Article Preview
Top1. Introduction
The detection of video foreground objects is one of the key problems in video processing, which could directly facilitate the applications such as video object recognition (Prest, Leistner, Civera, Schmid, & Ferrari, 2012), action segmentation (Lu & Jason, 2015) and recognition (Wang & Schmid, 2013). In recent years, many successful video foreground segmentation approaches (Grundmann, Kwatra, Han, & Essa, 2010), (Jang, Lee, & Kim, 2016) and object detectors (Cho, Kwak, Schmid, & Ponce, 2015; Girshick, 2015), are proposed, which leveraged the understanding of high-level video content.
However, building a fully unsupervised model that to segment the foreground object of unconstraint videos is still challenging, as no additional information about the foreground is provided; and the videos may be influenced by the factors such as dynamic background, motion blurry, light condition changes, or even the editing factors (e.g. subtitles or flying logos) (Papazoglou & Ferrari, 2013). Therefore, the dependencies for segmentation become more significant, including the motion cues and appearance cues. The optical flow is a popular example of motion cues (Figure 1).

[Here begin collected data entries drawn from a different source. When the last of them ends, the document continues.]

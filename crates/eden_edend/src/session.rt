//! A session of a script: the objects, the mount once there is one, and what each line makes of
//! them.

ghost use Rattle.std.specs.Prelude.{◌≡◌, IfOk, IsSome, OnOk, option_and_then};
ghost use Rattle.eden_ids.specs.Fronts.{KeepsFront};
ghost use Rattle.eden_objects.specs.Commits.{commit_map};
ghost use Rattle.eden_objects.specs.Files.{commit_files};
ghost use Rattle.eden_history.specs.Worlds.{opened};
ghost use Rattle.eden_accumulate.specs.Mounts.{StandsFor};
ghost use Rattle.eden_script.specs.Words.{words_of};
ghost use Rattle.eden_script.specs.ScriptLines.{command_of};
ghost use Rattle.eden_script.specs.ScriptText.{script_text};
ghost use Rattle.eden_script.specs.Sessions.{session_over, id_told};
ghost use Rattle.eden_script.specs.Labels.{bound};
ghost use Rattle.eden_edend.specs.internal.Standing.{Acts, Tells, SessionStands};

use crate::changes::change_of;
use crate::labels::Labels;
use crate::objects::{Objects, bind_put, object_of};
use crate::printing::push_told;
use crate::questions::ask;
use eden_accumulate::Mount;
use eden_history::Answer;
use eden_ids::{GitNaming, Id, NoMemory};
use eden_objects::{Importer, Object, Payload, Store};
use eden_script::{AskLine, ChangeLine, Command, Label, MountLine, PutLine, Refusal, Told, words};
use eden_stream::{Answered, LineMachine};
use std::alloc::{AllocError, Global};

/// Reads what a line asks for. Returns `None` if it can't be read.
pub(crate) fn read_line(alloc: Global, line: &[u8]) -> Result<Option<Command>, AllocError>
    ensures { IfOk result (λ command. command ≡ option_and_then command_of (words_of line.now)) }
{
    match words(alloc, line)? {
        Some(words) => Command::read(alloc, words),
        None => Ok(None),
    }
}

/// Returns the id that a label is bound to.
fn id_of(labels: &Labels, label: &Label) -> Told<'static>
    ensures { result ≡ id_told (bound labels.now label.now) }
{
    match labels.get(label) {
        Some(id) => Told::Id(id),
        None => Told::Refused(Refusal::NoLabel),
    }
}

/// Mounts a commit of the store.
fn mount_commit(
    alloc: Global,
    store: Store<GitNaming>,
    root: Id,
    generation: u64,
    limit: u64,
) -> Result<Mount<GitNaming>, NoMemory>
    requires { IsSome (commit_map store root) }
    ensures { IfOk result (λ mount. StandsFor mount (opened store generation limit root (commit_files store root))) }
{
    match Mount::mount(alloc, store, root, generation, limit) {
        Ok(mount) => Ok(mount),
        // The commit is there.
        Err(_) => unreachable!(),
    }
}

/// A script so far.
#[derive(Drop)]
pub(crate) struct Session {
    alloc: Global,
    pub(crate) mount: Option<Mount<GitNaming>>,
    pub(crate) objects: Objects,
}

impl Session {
    /// Makes a session with these objects and no mount.
    ///
    /// Does not allocate.
    pub(crate) fn new(alloc: Global, objects: Objects) -> Session
        ensures { SessionStands result.mount result.objects (script_text (session_over objects.store objects.labels)) }
    {
        Session {
            alloc,
            mount: None,
            objects,
        }
    }

    /// Puts an object, among those of the mount once there is one.
    #[tactic(auto, using(crate::proofs::Acting::put_unbound))]
    fn put(&mut self, line: PutLine) -> Result<Told<'static>, NoMemory>
        ensures { IfOk result (λ told. Acts self.old.mount self.old.objects (Command.Put line) self.new.mount self.new.objects told) }
    {
        let (label, object) = object_of(self.alloc, &self.objects.labels, line)?;
        let Some(
            Object {
                object_type,
                payload,
            },
        ) = object
        else {
            return Ok(Told::Refused(Refusal::NoLabel));
        };
        match &mut self.mount {
            Some(mount) => {
                let put = mount.put_object(object_type, Payload::Shared(&payload));
                bind_put(&mut self.objects.labels, label, put)
            }
            None => {
                let payload = Payload::Shared(&payload);
                let put = self.objects.store.put_object(object_type, payload);
                bind_put(&mut self.objects.labels, label, put)
            }
        }
    }

    /// Mounts a commit. The mount takes the store.
    #[tactic(auto, using(crate::proofs::Acting::mount_late, crate::proofs::Acting::label_unbound, eden_history::proofs::Committed::commit_mapped))]
    fn mount(&mut self, line: MountLine) -> Result<Told<'static>, NoMemory>
        ensures { IfOk result (λ told. Acts self.old.mount self.old.objects (Command.Mount line) self.new.mount self.new.objects told) }
    {
        if self.mount.is_some() {
            return Ok(Told::Refused(Refusal::Mounted));
        }
        let Some(root) = self.objects.labels.get(&line.label) else {
            return Ok(Told::Refused(Refusal::NoLabel));
        };
        if !self.objects.store.has_commit(root) {
            return Ok(Told::Refused(Refusal::NoCommit));
        }
        let store = self.objects.take_store(self.alloc);
        let mount = mount_commit(self.alloc, store, root, line.generation, line.limit)?;
        let position = mount.position();
        self.mount = Some(mount);
        Ok(Told::Answer(Answer::At(position)))
    }

    /// Changes the mount.
    #[tactic(auto, using(crate::proofs::Acting::change_early))]
    fn change(&mut self, line: ChangeLine) -> Result<Told<'static>, NoMemory>
        ensures { IfOk result (λ told. Acts self.old.mount self.old.objects (Command.Change line) self.new.mount self.new.objects told) }
    {
        let Some(mount) = &mut self.mount else {
            return Ok(Told::Refused(Refusal::NotMounted));
        };
        match change_of(&self.objects.labels, line)? {
            Ok(change) => {
                let answer = mount.apply(&change)?;
                Ok(Told::Answer(answer))
            }
            Err(cause) => Ok(Told::Refused(cause)),
        }
    }

    /// Asks the mount.
    #[tactic(auto, using(crate::proofs::Acting::ask_early, crate::proofs::Acting::ask_acts))]
    fn ask(&self, line: AskLine) -> Result<Told<'_>, NoMemory>
        ensures { IfOk result (λ told. Acts self.now.mount self.now.objects (Command.Ask line) self.now.mount self.now.objects told) }
    {
        match &self.mount {
            Some(mount) => ask(mount, line),
            None => Ok(Told::Refused(Refusal::NotMounted)),
        }
    }

    /// Does what a line asks for, and adds what it prints to the text.
    ///
    /// If an allocation fails, part of it may have been added.
    fn execute(&mut self, command: Command, text: &mut Vec<u8>) -> Result<(), NoMemory>
        ensures told { OnOk result (Tells self.old.mount self.old.objects command self.new.mount self.new.objects text.old.items text.new.items) }
        ensures front { KeepsFront text.old.items text.new.items }
    {
        match command {
            Command::Put(line) => {
                let told = self.put(line)?;
                Ok(push_told(text, &self.objects.labels, &told)?)
            }
            Command::Id { label } => {
                let told = id_of(&self.objects.labels, &label);
                Ok(push_told(text, &self.objects.labels, &told)?)
            }
            Command::Mount(line) => {
                let told = self.mount(line)?;
                Ok(push_told(text, &self.objects.labels, &told)?)
            }
            Command::Change(line) => {
                let told = self.change(line)?;
                Ok(push_told(text, &self.objects.labels, &told)?)
            }
            Command::Ask(line) => {
                let told = self.ask(line)?;
                Ok(push_told(text, &self.objects.labels, &told)?)
            }
        }
    }
}

impl LineMachine for Session {
    ghost use Rattle.eden_edend.specs.internal.Standing.{SessionStands};
    ghost use Rattle.eden_edend.specs.internal.SessionScript.{session_script};

    ghost stands_for = { λ session script. SessionStands session.mount session.objects script };

    ghost refused = { λ session script _. SessionStands session.mount session.objects script };

    fn answer(&mut self, line: &[u8], text: &mut Vec<u8>) -> Answered {
        let command = match read_line(self.alloc, line) {
            Ok(Some(command)) => command,
            Ok(None) => return Answered::BadLine,
            Err(_) => return Answered::NoMemory,
        };
        match self.execute(command, text) {
            Ok(()) => Answered::Done,
            Err(_) => Answered::NoMemory,
        }
    }

    ghost lawful = { λ session script stands. session_script session.mount session.objects script stands };
}
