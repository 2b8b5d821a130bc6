//! The lines of a script up to `listen`.

ghost use Rattle.std.specs.Prelude.{◌≡◌, ◌+◌, ◌≤◌, ◌↔◌, true, codes, Some, IfOk, IfErr, IsErrOf, IsTrue, OnOk};
ghost use Rattle.eden_stream.specs.Counts.{Rose, RoseBy};
ghost use Rattle.eden_script.specs.ScriptText.{script_text};
ghost use Rattle.eden_script.specs.Sessions.{session_over};
ghost use Rattle.eden_edend.specs.Openings.{EndsOpening};

use crate::input::LISTEN;
use crate::labels::Labels;
use crate::objects::Objects;
use crate::session::Session;
use eden_accumulate::Mount;
use eden_ids::GitNaming;
use eden_stream::{Answered, CountedRead, CountedWrite, LineMachine, RunFault, run_lines};
use std::alloc::Global;

/// What a script has opened at the line `listen`.
#[derive(Drop)]
pub struct Opened {
    /// The number of the line `listen`, from 1.
    pub line: u64,
    /// The mount.
    pub mount: Mount<GitNaming>,
    /// What the script's labels are bound to.
    pub labels: Labels,
}

/// Returns whether a line is `listen`.
fn is_listen(line: &[u8]) -> bool
    ensures { IsTrue result ↔ (line.now ≡ codes "listen") }
{
    line == LISTEN
}

/// A session, and whether it has refused the line `listen`.
#[derive(Drop)]
struct Opening {
    session: Session,
    listens: bool,
}

impl LineMachine for Opening {
    ghost use Rattle.std.specs.Prelude.{◌≡◌, true, false, codes};
    ghost use Rattle.eden_edend.specs.internal.Standing.{SessionStands};
    ghost use Rattle.eden_edend.specs.internal.SessionScript.{session_script};

    ghost stands_for = { λ opening script. SessionStands opening.session.mount opening.session.objects script × (opening.listens ≡ false) };

    ghost refused = { λ opening script line. SessionStands opening.session.mount opening.session.objects script × (opening.listens ≡ true → line ≡ codes "listen") };

    fn answer(&mut self, line: &[u8], text: &mut Vec<u8>) -> Answered {
        match self.session.answer(line, text) {
            Answered::Done => Answered::Done,
            Answered::BadLine => {
                self.listens = is_listen(line);
                Answered::BadLine
            }
            Answered::NoMemory => Answered::NoMemory,
        }
    }

    ghost lawful = { λ opening script stands. session_script opening.session.mount opening.session.objects script stands.0 };
}

impl Opening {
    /// Returns what is opened at the line of this number, which the session has refused.
    fn open(self, line: u64) -> Result<Opened, RunFault>
        ensures listens { OnOk result (self.listens ≡ true) }
        ensures line { IfOk result (λ opened. opened.line ≡ line) }
        ensures mount { IfOk result (λ opened. self.session.mount ≡ Some opened.mount) }
        ensures labels { IfOk result (λ opened. opened.labels ≡ self.session.objects.labels) }
        ensures refused { IfErr result (λ fault. fault ≡ RunFault.BadLine line) }
    {
        let Opening { session, listens } = self;
        let Session { mount, objects, .. } = session;
        let Objects { labels, .. } = objects;
        match mount {
            Some(mount) if listens => Ok(Opened {
                line,
                mount,
                labels,
            }),
            _ => Err(RunFault::BadLine(line)),
        }
    }
}

/// Runs the lines of a script as `run_over` does, up to `listen`.
///
/// Returns the number of that line, the mount and the labels. What the lines before it print is
/// written. As much is read as the reader gives. One that gives no byte after that line, as a
/// `LineInput`, is left at the line's end.
///
/// # Errors
///
/// - `BadLine`: no row of the table reads the line of this number, or it is `listen` and no mount
///   was made before it. If the script ends before `listen`, the number is that of the line after
///   its last. What the lines before it print is written.
/// - `Read`, `Write`, `TurnsSpent` and `NoMemory` as those of `run`.
pub fn run_to_listen<R: CountedRead, W: CountedWrite>(
    alloc: Global,
    objects: Objects,
    reader: &mut R,
    writer: &mut W,
) -> Result<Opened, RunFault>
    ensures ends { EndsOpening (script_text (session_over objects.store objects.labels)) (R.remaining reader.old) (R.remaining reader.new) (W.contents writer.old) (W.contents writer.new) result }
    ensures read { IsErrOf result RunFault.Read → Rose (R.failed reader.old) (R.failed reader.new) }
    ensures write { IsErrOf result RunFault.Write → Rose (W.failed writer.old) (W.failed writer.new) }
    ensures turns_spent { IsErrOf result RunFault.TurnsSpent → RoseBy 1000000 (R.called reader.old) (R.called reader.new) }
    ensures turns { R.called reader.new ≤ R.called reader.old + 1000000 }
{
    let mut opening = Opening {
        session: Session::new(alloc, objects),
        listens: false,
    };
    match run_lines(alloc, reader, writer, &mut opening) {
        Ok(count) => Err(RunFault::BadLine(count.saturating_add(1))),
        Err(RunFault::BadLine(line)) => opening.open(line),
        Err(fault) => Err(fault),
    }
}
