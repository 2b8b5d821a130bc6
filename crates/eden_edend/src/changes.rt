//! What a line changes of a mount, by the labels so far.

ghost use Rattle.std.specs.Prelude.{◌≡◌, Some, None, IfOk, IfErr};
ghost use Rattle.std.specs.Option.{option_or};
ghost use Rattle.eden_script.specs.Sessions.{change_of, path_refusal};
ghost use Rattle.eden_script.specs.Labels.{bound};

use crate::labels::Labels;
use bytes::Bytes;
use eden_history::Change;
use eden_ids::{Id, NoMemory, Path};
use eden_script::{ChangeLine, Label, Refusal, Word};

/// Returns the path that a word is, or why it is not a path.
pub(crate) fn path_of(word: Word) -> Result<Path, Refusal>
    ensures accepts { IfOk result (λ path. (path ≡ word) × (path_refusal word ≡ None)) }
    ensures refuses { IfErr result (λ cause. path_refusal word ≡ Some cause) }
{
    match Path::from_vec(word.into_bytes()) {
        Ok(path) => Ok(path),
        Err(refused) => Err(Refusal::Path(refused.cause)),
    }
}

/// Returns the commit that a label is bound to.
fn commit_of(labels: &Labels, label: &Label) -> Result<Id, Refusal>
    ensures accepts { IfOk result (λ commit. bound labels.now label.now ≡ Some commit) }
    ensures refuses { IfErr result (λ cause. (bound labels.now label.now ≡ None) × (cause ≡ Refusal.NoLabel)) }
{
    match labels.get(label) {
        Some(commit) => Ok(commit),
        None => Err(Refusal::NoLabel),
    }
}

/// Returns the two paths that words are, or why the first invalid one is not a path.
fn paths_of(old: Word, new: Word) -> Result<(Path, Path), Refusal>
    ensures accepts { IfOk result (λ paths. (paths ≡ (old, new)) × (path_refusal old ≡ None) × (path_refusal new ≡ None)) }
    ensures refuses { IfErr result (λ cause. option_or (path_refusal old) (path_refusal new) ≡ Some cause) }
{
    let old = path_of(old)?;
    let new = path_of(new)?;
    Ok((old, new))
}

/// Returns what a line changes, or why it changes nothing.
///
/// Whether the mount makes the change is not asked. The bytes are moved, and not copied. The line
/// is refused as `Path` for its first word that is not a path, and as `NoLabel` if its label is
/// bound to nothing.
///
/// # Errors
///
/// - `NoMemory` if an allocation fails.
pub fn change_of(labels: &Labels, line: ChangeLine) -> Result<Result<Change, Refusal>, NoMemory>
    ensures { IfOk result (λ told. told ≡ change_of labels.now line) }
{
    Ok(match line {
        ChangeLine::Write { path, kind, bytes } => {
            let bytes = Bytes::from_vec(bytes.into_bytes())?;
            path_of(path).map(|path| Change::Write { path, kind, bytes })
        }
        ChangeLine::Remove { path } => path_of(path).map(|path| Change::Remove { path }),
        ChangeLine::Rename { old, new } => {
            paths_of(old, new).map(|(old, new)| Change::Rename { old, new })
        }
        ChangeLine::RenameDir { old, new } => {
            paths_of(old, new).map(|(old, new)| Change::RenameDir { old, new })
        }
        ChangeLine::Reset { label } => {
            commit_of(labels, &label).map(|commit| Change::Reset { commit })
        }
        ChangeLine::Flush => Ok(Change::Flush),
        ChangeLine::Remount { generation } => Ok(Change::Remount { generation }),
        ChangeLine::Checkout { label, mode } => {
            commit_of(labels, &label).map(|commit| Change::Checkout { commit, mode })
        }
    })
}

Figure 1. An illustration of proposed Motion-based likelihood: (a) The original frame; (b) The actual edges of current frame (green) and the motion boundaries (red); (c) The HOG affinity map; where the motion boundaries agreed more with edge responses have higher scores; (d) The edges that aligned by motion; (e) Initial prediction of foreground by Inside-outside-map (Papazoglou & Ferrari, 2013); (f) The motion-based likelihood by accumulating the masks obtained by step (e)
With adequate alignments, the motion boundary by optical flow shall be more effective since it often related to the actual edges of foreground objects (Li, Kim, Humayun, Tsai, & Rehg, 2013). On the other hand, unsupervised models such as the PHM (Cho, Kwak, Schmid, & Ponce, 2015) could be regarded as good appearance model, while the colour distribution seems to be a more simple but efficient option (Koh, Jang, & Kim, 2016). In fact, a more precise foreground could also significantly benefit the foreground prediction with colour model (Stretcu & Leordeanu, 2015).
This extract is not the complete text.